Opus 4.5 is funny

Published on 2025-11-28

Certified funny man @Tomás B. claims that Opus 4.5 is funny. Is he right? Yes. Yes he is. 

I asked Opus to generate a lot of jokes, after using the standard word-association warm-up soup to give it my psychological fingerprints. And sure enough, it made me smile, snort, and even L O L. Heck, it got a few jokes in the style of Steven Wright right. 

This was with minimal prompting, mind you. Unlike the deranged hilarity the models get up to only once they're snug and safe in the warm, comforting bosom of the cyborgists. No, this model is funny by default. 

Not convinced? Fair enough! Humour is subjective. So go try it yourself and see. Too lazy to click on a link? Fine, I guess I'll spoon-feed you. What follows is a list of jokes               Opus 4.5 told me. If these don't get a chuckle out of you, well, you're dead to me. 


The thing about ingroup drama is that it's exactly like regular drama except everyone involved has a substack explaining why their emotional reactions are actually derived from first principles.

A man spends fifteen years writing an 800,000 word rationalist novel. It's about how to make good decisions. He posts it for free. Seven people finish it. Three of them become his enemies.

Every six months someone rediscovers that you can just do things. They post about it.
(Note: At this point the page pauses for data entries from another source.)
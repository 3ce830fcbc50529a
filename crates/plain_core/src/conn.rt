// The one connection.
ghost use Rattle.std.specs.Prelude.{◌≡◌, ◌≤◌, ◌<◌, ◌+◌, ◌*◌, ◌++◌, ◌∷◌, ℕ, List, [], true, false, length, drop, Some, OnOk, OnErr};
ghost use Rattle.ngx_outside.specs.Views.{Start, Fresh, Ticked, Stopped};
ghost use Rattle.plain_core.specs.Lines.{has_line, course_of};
ghost use Rattle.plain_core.specs.Shown.{shown, starts_in, logs_in, work_of, price_of, is_live_at, is_absent_at, is_quiet_at, reads_at, can_run_at, is_shut_at, Arrives, Ends, Writes, Fails, Runs, Goes, LeftTaken, LeftLower, LeftKept, KeepsEnd, EndsBy, TakesNo, Leaves, crowd_of};

use crate::lines::line_size;
use byte_text::{ByteQueue, ByteText, OutOfMemory};
use ngx_outside::{StepAnswer, StopCause};
use std::alloc::Global;

/// The most bytes that are taken at once.
pub(crate) const ROOM: usize = 4096;

/// For how many seconds nothing may come or go.
pub(crate) const PATIENCE: u64 = 60;

#[derive(Clone, Copy)]
pub(crate) enum Life {
    Absent,
    Live,
    Stopped(StopCause),
}

/// A request that was answered: when it started, by the clock and by the number of the tree, and what is logged of it, the
/// status of its response and the length of its body in bytes.
#[derive(Clone, Copy)]
pub(crate) struct Request {
    pub(crate) moment: u64,
    pub(crate) tree: u64,
    pub(crate) log: (u16, u64),
}

/// The status of each response.
const STATUS: u16 = 200;

#[derive(Drop)]
pub(crate) struct Conn {
    pub(crate) reply: ByteText,
    pub(crate) life: Life,
    pub(crate) input: ByteQueue,
    pub(crate) output: ByteQueue,
    pub(crate) journal: Vec<Request>,
    pub(crate) ended: bool,
    pub(crate) due: u64,
}

impl Conn {
    pub(crate) fn new(alloc: Global, reply: ByteText) -> Self
        ensures life { is_absent_at result.life ≡ true }
        ensures reply { result.reply ≡ reply }
    {
        Conn {
            reply,
            life: Life::Absent,
            input: ByteQueue::new(alloc),
            output: ByteQueue::new(alloc),
            journal: Vec::new(alloc),
            ended: false,
            due: 0,
        }
    }

    pub(crate) fn is_absent(&self) -> bool
        ensures { result ≡ is_absent_at self.now.life }
    {
        match self.life {
            Life::Absent => true,
            Life::Live => false,
            Life::Stopped(_) => false,
        }
    }

    pub(crate) fn is_live(&self) -> bool
        ensures { result ≡ is_live_at self.now.life }
    {
        match self.life {
            Life::Absent => false,
            Life::Live => true,
            Life::Stopped(_) => false,
        }
    }

    fn has_line(&self) -> bool
        ensures { result ≡ has_line self.now.input }
    {
        match line_size(self.input.front()) {
            Some(_) => true,
            None => false,
        }
    }

    // Whether all that was asked is answered, and the answers have gone.
    fn is_quiet(&self) -> bool
        ensures { result ≡ is_quiet_at self.now.input self.now.output }
    {
        self.output.is_empty() && !self.has_line()
    }

    pub(crate) fn reads(&self) -> bool
        ensures { result ≡ reads_at self.now.life self.now.ended }
    {
        self.is_live() && !self.ended
    }

    pub(crate) fn can_run(&self) -> bool
        ensures { result ≡ can_run_at self.now.life self.now.input self.now.output }
    {
        self.is_live() && self.output.is_empty() && self.has_line()
    }

    pub(crate) fn is_shut(&self) -> bool
        ensures { result ≡ is_shut_at self.now.life self.now.input self.now.output self.now.ended }
    {
        match self.life {
            Life::Absent => false,
            Life::Live => self.ended && self.is_quiet(),
            Life::Stopped(_) => true,
        }
    }

    /// The bytes that are to be written.
    pub(crate) fn pending(&self) -> &[u8]
        ensures { result.now ≡ (shown self.now).pending }
    {
        match self.life {
            Life::Absent => &[],
            Life::Live => self.output.front(),
            Life::Stopped(_) => &[],
        }
    }

    fn stop(&mut self, cause: StopCause)
        requires { is_live_at self.old.life ≡ true }
        ensures stopped { Stopped cause (shown self.old) (shown self.new) [] }
        ensures ended { KeepsEnd (shown self.old) (shown self.new) }
        ensures left { work_of self.new ≡ 1 }
        ensures held { crowd_of self.new.life ≡ crowd_of self.old.life }
        ensures reply { self.new.reply ≡ self.old.reply }
    {
        self.life = Life::Stopped(cause);
        self.input.clear();
        self.output.clear();
    }

    /// It opens, with nothing come and nothing gone.
    pub(crate) fn open(&mut self, moment: u64)
        ensures fresh { Fresh (course_of self.old.reply [] [] []) (shown self.new) }
        ensures left { work_of self.new ≡ 2 }
        ensures held { crowd_of self.new.life ≡ 1 }
        ensures reply { self.new.reply ≡ self.old.reply }
    {
        self.life = Life::Live;
        self.input.clear();
        self.output.clear();
        self.journal.clear();
        self.ended = false;
        self.due = moment.saturating_add(PATIENCE);
    }

    pub(crate) fn arrive(&mut self, bytes: &[u8], moment: u64) -> StepAnswer
        ensures steps { (now : Start) → Arrives now bytes.now result (shown self.old)
            (shown self.new) }
        ensures ended { KeepsEnd (shown self.old) (shown self.new) }
        ensures left { LeftTaken (price_of self.old.reply) result (work_of self.old)
            (work_of self.new) }
        ensures held { crowd_of self.new.life ≡ crowd_of self.old.life }
        ensures reply { self.new.reply ≡ self.old.reply }
    {
        if !self.reads() {
            return StepAnswer::Skipped;
        }
        if bytes.is_empty() {
            return StepAnswer::Skipped;
        }
        let taken = bytes.len().min(ROOM);
        match self.input.append(&bytes[..taken]) {
            Ok(()) => {
                self.due = moment.saturating_add(PATIENCE);
                StepAnswer::Done { taken }
            }
            Err(OutOfMemory) => {
                self.stop(StopCause::Memory);
                StepAnswer::OutOfMemory
            }
        }
    }

    pub(crate) fn end(&mut self) -> StepAnswer
        ensures steps { Ends result (shown self.old) (shown self.new) }
        ensures ended { EndsBy result (shown self.old) (shown self.new) }
        ensures taken { TakesNo result }
        ensures left { LeftKept result (work_of self.old) (work_of self.new) }
        ensures held { crowd_of self.new.life ≡ crowd_of self.old.life }
        ensures reply { self.new.reply ≡ self.old.reply }
    {
        if !self.reads() {
            return StepAnswer::Skipped;
        }
        self.ended = true;
        StepAnswer::Done { taken: 0 }
    }

    pub(crate) fn wrote(&mut self, count: usize, moment: u64) -> StepAnswer
        ensures steps { Writes count result (shown self.old) (shown self.new) }
        ensures ended { KeepsEnd (shown self.old) (shown self.new) }
        ensures taken { TakesNo result }
        ensures left { LeftLower result (work_of self.old) (work_of self.new) }
        ensures held { crowd_of self.new.life ≡ crowd_of self.old.life }
        ensures reply { self.new.reply ≡ self.old.reply }
    {
        if count == 0 {
            return StepAnswer::Skipped;
        }
        if self.pending().len() < count {
            return StepAnswer::Skipped;
        }
        self.output.used(count);
        self.due = moment.saturating_add(PATIENCE);
        StepAnswer::Done { taken: 0 }
    }

    pub(crate) fn fail(&mut self) -> StepAnswer
        ensures steps { Fails result (shown self.old) (shown self.new) }
        ensures ended { KeepsEnd (shown self.old) (shown self.new) }
        ensures taken { TakesNo result }
        ensures left { LeftLower result (work_of self.old) (work_of self.new) }
        ensures held { crowd_of self.new.life ≡ crowd_of self.old.life }
        ensures reply { self.new.reply ≡ self.old.reply }
    {
        if !self.is_live() {
            return StepAnswer::Skipped;
        }
        self.stop(StopCause::LinkFault);
        StepAnswer::Done { taken: 0 }
    }

    // Starts the next request, answers it and logs that.
    fn start(&mut self, size: usize, moment: u64, tree: u64) -> Result<(), OutOfMemory>
        requires size { size ≤ length self.old.input }
        requires some { 0 < size }
        ensures life { self.new.life ≡ self.old.life }
        ensures ended { self.new.ended ≡ self.old.ended }
        ensures starts { OnOk result (starts_in self.new.journal.items ≡ starts_in
            self.old.journal.items ++ record { moment = moment; tree = tree } ∷ []) }
        ensures logs { OnOk result (logs_in self.new.journal.items ≡ logs_in self.old.journal.items
            ++ (200, length self.old.reply) ∷ []) }
        ensures input { OnOk result (self.new.input ≡ drop size self.old.input) }
        ensures output { OnOk result (self.new.output ≡ self.old.output ++ self.old.reply) }
        ensures same { OnErr result (self.new.journal.items ≡ self.old.journal.items) }
        ensures reply { self.new.reply ≡ self.old.reply }
    {
        self.output.append(self.reply.as_slice())?;
        let log = (STATUS, self.reply.len() as u64);
        self.journal.push(Request { moment, tree, log })?;
        self.input.used(size);
        Ok(())
    }

    pub(crate) fn run(&mut self, node: u32, moment: u64, tree: u64) -> StepAnswer
        ensures steps { Runs (record { moment = moment; tree = tree }) node result (shown self.old)
            (shown self.new) }
        ensures ended { KeepsEnd (shown self.old) (shown self.new) }
        ensures taken { TakesNo result }
        ensures left { LeftLower result (work_of self.old) (work_of self.new) }
        ensures held { crowd_of self.new.life ≡ crowd_of self.old.life }
        ensures reply { self.new.reply ≡ self.old.reply }
    {
        if node != 0 {
            return StepAnswer::Skipped;
        }
        if !self.is_live() || !self.output.is_empty() {
            return StepAnswer::Skipped;
        }
        let Some(size) = line_size(self.input.front()) else {
            return StepAnswer::Skipped;
        };
        match self.start(size, moment, tree) {
            Ok(()) => StepAnswer::Done { taken: 0 },
            Err(OutOfMemory) => {
                self.stop(StopCause::Memory);
                StepAnswer::OutOfMemory
            }
        }
    }

    pub(crate) fn go(&mut self) -> StepAnswer
        ensures steps { Goes result (shown self.old) (shown self.new) }
        ensures taken { TakesNo result }
        ensures left { LeftLower result (work_of self.old) (work_of self.new) }
        ensures held { Leaves result (crowd_of self.old.life) (crowd_of self.new.life) }
        ensures reply { self.new.reply ≡ self.old.reply }
    {
        if !self.is_shut() {
            return StepAnswer::Skipped;
        }
        self.life = Life::Absent;
        StepAnswer::Done { taken: 0 }
    }

    /// The moment at which it is given up, the type's last one where it never is.
    pub(crate) fn quiet_until(&self) -> u64
        ensures { (due : ℕ) → (shown self.now).deadline ≡ Some due → result ≤ due }
    {
        match self.life {
            Life::Absent => u64::MAX,
            Life::Live => self.due,
            Life::Stopped(_) => u64::MAX,
        }
    }

    /// The clock tells a moment.
    pub(crate) fn tick(&mut self, now: u64)
        ensures ticked { Ticked now (shown self.old) (shown self.new) }
        ensures ended { KeepsEnd (shown self.old) (shown self.new) }
        ensures left { work_of self.new ≤ work_of self.old }
        ensures held { crowd_of self.new.life ≡ crowd_of self.old.life }
        ensures reply { self.new.reply ≡ self.old.reply }
    {
        if self.is_live() && self.due <= now {
            let due = self.due;
            self.stop(StopCause::Deadline { due, now });
        }
    }
}
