// The core.

use crate::conn::Conn;
use crate::state::State;
use byte_text::ByteText;
use file_tree::Ask;
use ngx_outside::{Event, EventCore, StepAnswer, Want};
use ready_loop::TimedCore;
use std::alloc::Global;

/// A core that holds at most one connection. Each line that arrives on it is a request: a node, 0, can run where a whole
/// line is there and the response before has gone, and it answers by one fixed text. A connection on which nothing comes
/// or goes for 60 seconds is given up. It asks for no files.
#[derive(Drop)]
pub struct PlainCore {
    state: State,
}

impl PlainCore {
    ghost use Rattle.std.specs.Prelude.{◌≡◌, ℕ};
    ghost use Rattle.ngx_outside.specs.Views.{nobody};
    ghost use Rattle.plain_core.specs.Core.{view_at, reply_of, now_at};

    /// A core that holds no connection, at moment 0 and tree 0, and answers each line by this text.
    pub fn new(alloc: Global, reply: ByteText) -> Self
        ensures empty { (c : ℕ) → view_at result c ≡ nobody }
        ensures reply { reply_of result ≡ reply }
        ensures now { now_at result ≡ record { moment = 0; tree = 0 } }
    {
        let state = State {
            number: 0,
            conn: Conn::new(alloc, reply),
            moment: 0,
            tree: 0,
            refused: 0,
        };
        PlainCore { state }
    }
}

impl EventCore for PlainCore {
    ghost use Rattle.plain_core.specs.Core.{seen_at};

    ghost seen = { seen_at };

    fn step(&mut self, event: Event) -> StepAnswer {
        self.state.happen(event)
    }

    fn pending(&self, conn: u32) -> &[u8] {
        if conn == self.state.number {
            self.state.conn.pending()
        } else {
            &[]
        }
    }

    fn conns(&self) -> &[u32] {
        self.state.conns()
    }

    fn next_want(&self, conn: u32, due: bool, full: bool) -> Option<Want> {
        if conn == self.state.number {
            self.state.next_want(due, full)
        } else {
            None
        }
    }

    fn ask(&self, _conn: u32, _node: u32) -> Option<&Ask> {
        None
    }

    fn refused(&self) -> u64 {
        self.state.refused
    }
}

impl TimedCore for PlainCore {
    fn quiet_until(&self) -> u64 {
        self.state.conn.quiet_until()
    }
}
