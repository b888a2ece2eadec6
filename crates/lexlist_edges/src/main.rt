// Runs the listing of `lexlist` on the files of data/, each under its name, by the same call.
#![tactic(auto)]

use std::rt::Files;
use std::{fs, io};

// Lists the items of a file, under its name. What cannot be opened is told on standard error.
fn case(rt: &(impl Files + Print + Eprint), name: &str) -> io::Result<()> {
    println!(rt; "== {name}")?;
    match fs::open(rt, name) {
        Ok(mut file) => lexlist_listing::list(&mut file, io::writer(rt)),
        Err(e) => eprintln!(rt; "{name}: {e}"),
    }
}

fn main(rt: HostRuntime) -> io::Result<()> {
    // document 01's sample, and no text at all
    case(&rt, "sample")?;
    case(&rt, "empty")?;
    // an error of every number that plain mode has; 2, 4 and 7 come only at the end of a text, so each has its own
    case(&rt, "errors")?;
    case(&rt, "errors_2")?;
    case(&rt, "errors_4")?;
    case(&rt, "errors_7")?;
    // a byte that no character has; a character that cannot go on so, in an item; a byte beyond an item, which is not given; a
    // character that the end cuts
    case(&rt, "refused_21")?;
    case(&rt, "refused_21_begun")?;
    case(&rt, "refused_21_beyond")?;
    case(&rt, "refused_21_end")?;
    // an item of 4,097 bytes, after others; one of 4,096
    case(&rt, "refused_23")?;
    case(&rt, "longest")?;
    // five times what is read at once, with characters of two and four bytes, a pair and a string over the edges
    case(&rt, "larger")?;
    // a folder, which opens and cannot be read
    case(&rt, "folder")
}
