// Reading and decoding go the same way: what stands between the quotes of a string, or between vertical lines, is one list of elements, the
// reader passes exactly these, and the decoded text is what they stand for, one after the other. specs/ says what an element is; proofs/ shows it of
// `read_quoted` and `unescape` of crate `items`. It has no code.
#![tactic(auto)]
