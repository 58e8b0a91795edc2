// "Crossings counts the rounds in which at least one key crossed": a mark for each round of a window.
#![tactic(auto)]

ghost use Rattle.std.specs.Prelude.{◌<◌, ◌≤◌, ◌^◌, ◌≡◌, length, set};
ghost use Rattle.marks.specs.Marks.{marked_at, count_of, span_from, Steps};

// Marks round j, if a key crossed in it.
pub fn mark(crossed: bool, j: usize, marks: &mut [u8])
    requires { j < length marks.old }
    ensures { marks.new ≡ marked_at crossed j marks.old }
{
    if crossed {
        marks[j] = 1;
    }
}

// How many rounds are marked.
pub fn count_marks(marks: &[u8]) -> usize
    requires { length marks.now < 2 ^ 32 }
    ensures { result ≡ count_of marks.now }
{
    marks.iter().filter(|m| **m == 1).count()
}

// How long the longest list of moments is. Each ends where `ends` tells.
pub fn longest(ends: &[usize]) -> usize
    requires { Steps 0 ends.now }
    ensures { result ≡ span_from 0 0 ends.now }
{
    let mut first = 0;
    let mut most: usize = 0;
    for end in ends {
        most = most.max(*end - first);
        first = *end;
    }
    most
}
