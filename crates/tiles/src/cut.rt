// The cuts.
ghost use Rattle.std.specs.Prelude.{◌+◌, ◌<◌, length};
ghost use Rattle.grid.specs.Frontiers.{all_inserted};
ghost use Rattle.tiles.specs.Described.{Front};

use crate::write;
use times::{PackedTime, insert_time};

// "Cut i is upper with held[i+1..] inserted, dominated times removed": of the later held times, to the front of a slice.
pub fn cut(upper: &[u64], later: &[u64], f: &mut [u64]) -> usize
    requires { length later.now + length upper.now < length f.old }
    ensures { Front (all_inserted later.now upper.now) f.new result }
{
    let mut count = write::write_all(f, 0, upper);
    for t in later.iter().rev() {
        count = insert_time(f, count, PackedTime(*t));
    }
    count
}
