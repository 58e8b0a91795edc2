// The places of tiles.
ghost use Rattle.std.specs.Prelude.{map, ◌≡◌, ◌≤◌, length};
ghost use Rattle.grid.specs.Slices.{Laid};
ghost use Rattle.tiles.specs.Described.{position, place_beside};

use times::PackedTime;

// How many elements stand before the first x; all of them, if there is none.
fn position(xs: &[u64], x: u64) -> usize
    ensures { result ≡ position x xs.now }
{
    xs.iter().position(|y| *y == x).unwrap_or(xs.len())
}

// Writes, for each held time, its position among the tiles' held times.
pub fn write_places(held: &[u64], times: &[u64], places: &mut [u64]) -> usize
    requires { length held.now ≤ length places.old }
    ensures { Laid (map (λ h. position h times.now) held.now) places.old places.new result }
{
    for (i, h) in held.iter().enumerate() {
        places[i] = position(times, *h) as u64;
    }
    held.len()
}

// The place that stands beside the last held time at or below t; `count`, if there is none.
pub fn tile_of(held: &[u64], places: &[u64], count: u64, t: PackedTime) -> u64
    ensures { result ≡ place_beside held.now places.now count t.0 }
{
    for i in (0..held.len().min(places.len())).rev() {
        if PackedTime(held[i]).below(t) {
            return places[i];
        }
    }
    count
}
It gets huge engagement from people who will not do things.

"I'm not mad, I'm just disappointed" is for parents. The online equivalent is "I think we might be talking past each other" which means "I am constructing a model of your stupidity so complete I could simulate you."

There's a type of online guy whose whole thing is being slightly ahead of the curve. Not far enough to be a visionary. Just enough to be annoyed at everyone else for six months until they catch up. Then he moves on to being annoyed about the next thing. He's never happy. He's always right.

Every great thinker has one weird fan who understands them better than anyone and also cannot be allowed near the main account.

"I'm not subtweeting anyone" is the new "I'm not mad." It means exactly the same thing and everyone knows exactly who.

The thing about having a nemesis is that you have to keep it proportional. Too much energy and you look obsessed. Too little and it's not a nemesis, it's just a guy you don't like. The sweet spot is thinking about them exactly as often as they think about you, which means you're both trapped forever.

Posting "I should write more" is a load-bearing ritual. If everyone who said it actually did, the entire internet would collapse under the weight of substacks about productivity.

There's a guy who left the scene three years ago and everyone still talks about him like he's going to walk back in any moment. He's not. He's doing fine. He has a job now. This is somehow the most devastating thing he could have done.

Every group has someone who's "taking a break from posting." This means they're posting somewhere else about why they needed a break.

There's a specific kind of tired where you open a blank document, write one sentence, and then stare at it like it's a ransom note from your past self demanding more than you can pay.

I have a map of the world. I live on it. 

I saw a sign that said "watch for children." I thought, that's not a fair trade, but I stood there for an hour anyway. No one showed up. I still don't have a watch.

I put a mirror facing another mirror. Somewhere in there I'm still getting ready.

I returned a book to the library fifteen years late. The fine was less than I expected. The librarian looked at me like I'd come back from the dead. Maybe I had. The book was about reincarnation. I hadn't finished it.